• [INSTRUCTIONS FOR THE TASK]:
Every line below that holds the string "Rattle" must be copied.

BEGIN

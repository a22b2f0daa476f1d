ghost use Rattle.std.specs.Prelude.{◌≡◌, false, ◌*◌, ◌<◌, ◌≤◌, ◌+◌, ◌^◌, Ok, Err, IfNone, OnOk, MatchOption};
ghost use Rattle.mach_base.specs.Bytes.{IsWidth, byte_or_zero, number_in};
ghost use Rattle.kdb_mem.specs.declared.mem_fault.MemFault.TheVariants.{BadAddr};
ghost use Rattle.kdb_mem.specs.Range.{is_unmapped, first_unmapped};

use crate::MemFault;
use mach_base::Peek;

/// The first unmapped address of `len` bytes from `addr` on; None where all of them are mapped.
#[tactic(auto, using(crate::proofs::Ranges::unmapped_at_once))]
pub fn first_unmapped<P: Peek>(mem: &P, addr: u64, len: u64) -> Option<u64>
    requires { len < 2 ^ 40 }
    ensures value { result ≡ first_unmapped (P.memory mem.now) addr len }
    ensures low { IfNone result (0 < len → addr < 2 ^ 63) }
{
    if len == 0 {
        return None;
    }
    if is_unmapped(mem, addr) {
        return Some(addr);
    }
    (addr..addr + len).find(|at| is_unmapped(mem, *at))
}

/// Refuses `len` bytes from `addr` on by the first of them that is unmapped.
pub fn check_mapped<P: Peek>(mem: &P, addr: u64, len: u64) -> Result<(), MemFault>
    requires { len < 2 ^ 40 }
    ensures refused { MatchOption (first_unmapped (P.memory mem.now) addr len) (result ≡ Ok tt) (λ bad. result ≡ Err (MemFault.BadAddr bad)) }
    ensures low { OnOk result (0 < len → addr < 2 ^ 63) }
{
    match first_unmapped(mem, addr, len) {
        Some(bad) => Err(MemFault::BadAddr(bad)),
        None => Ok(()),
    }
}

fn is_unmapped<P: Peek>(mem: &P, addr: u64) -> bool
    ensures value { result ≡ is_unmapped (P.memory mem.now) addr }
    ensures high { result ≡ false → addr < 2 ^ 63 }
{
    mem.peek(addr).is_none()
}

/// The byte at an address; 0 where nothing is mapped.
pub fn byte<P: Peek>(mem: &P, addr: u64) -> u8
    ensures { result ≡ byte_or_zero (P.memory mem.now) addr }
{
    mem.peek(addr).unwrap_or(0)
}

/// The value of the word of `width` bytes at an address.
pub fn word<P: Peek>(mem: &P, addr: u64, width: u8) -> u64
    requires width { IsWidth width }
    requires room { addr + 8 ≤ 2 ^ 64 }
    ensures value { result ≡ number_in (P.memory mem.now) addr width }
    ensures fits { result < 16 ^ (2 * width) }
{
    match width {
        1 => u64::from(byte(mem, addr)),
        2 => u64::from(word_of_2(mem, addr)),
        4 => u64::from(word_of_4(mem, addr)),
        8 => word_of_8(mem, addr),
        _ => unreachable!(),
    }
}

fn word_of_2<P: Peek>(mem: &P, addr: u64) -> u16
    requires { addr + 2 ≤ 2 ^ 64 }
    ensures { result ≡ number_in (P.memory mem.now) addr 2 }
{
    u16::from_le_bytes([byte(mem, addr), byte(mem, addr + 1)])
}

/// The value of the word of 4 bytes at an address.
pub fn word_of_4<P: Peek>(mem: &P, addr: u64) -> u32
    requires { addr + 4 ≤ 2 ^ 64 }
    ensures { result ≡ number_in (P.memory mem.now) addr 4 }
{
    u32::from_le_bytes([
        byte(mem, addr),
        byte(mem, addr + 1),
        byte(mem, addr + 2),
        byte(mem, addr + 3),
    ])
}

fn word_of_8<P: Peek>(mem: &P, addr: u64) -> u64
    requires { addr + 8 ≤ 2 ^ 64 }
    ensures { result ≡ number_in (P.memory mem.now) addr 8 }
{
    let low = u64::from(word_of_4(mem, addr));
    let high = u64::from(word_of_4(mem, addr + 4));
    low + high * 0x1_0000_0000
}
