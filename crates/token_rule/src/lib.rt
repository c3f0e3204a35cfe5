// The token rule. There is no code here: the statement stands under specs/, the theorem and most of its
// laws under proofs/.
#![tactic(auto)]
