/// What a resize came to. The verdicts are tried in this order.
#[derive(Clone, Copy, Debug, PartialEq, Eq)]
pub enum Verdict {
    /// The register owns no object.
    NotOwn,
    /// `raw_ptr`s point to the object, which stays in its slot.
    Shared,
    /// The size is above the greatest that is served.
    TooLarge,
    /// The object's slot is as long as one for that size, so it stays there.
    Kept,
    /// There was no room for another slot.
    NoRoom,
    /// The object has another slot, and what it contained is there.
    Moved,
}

END

• [RESPONSE BELOW]:
ghost use Rattle.std.specs.Prelude.{◌≡◌, false, ◌*◌, ◌<◌, ◌≤◌, ◌+◌, ◌^◌, Ok, Err, IfNone, OnOk, MatchOption};
ghost use Rattle.mach_base.specs.Bytes.{IsWidth, byte_or_zero, number_in};
ghost use Rattle.kdb_mem.specs.declared.mem_fault.MemFault.TheVariants.{BadAddr};
ghost use Rattle.kdb_mem.specs.Range.{is_unmapped, first_unmapped};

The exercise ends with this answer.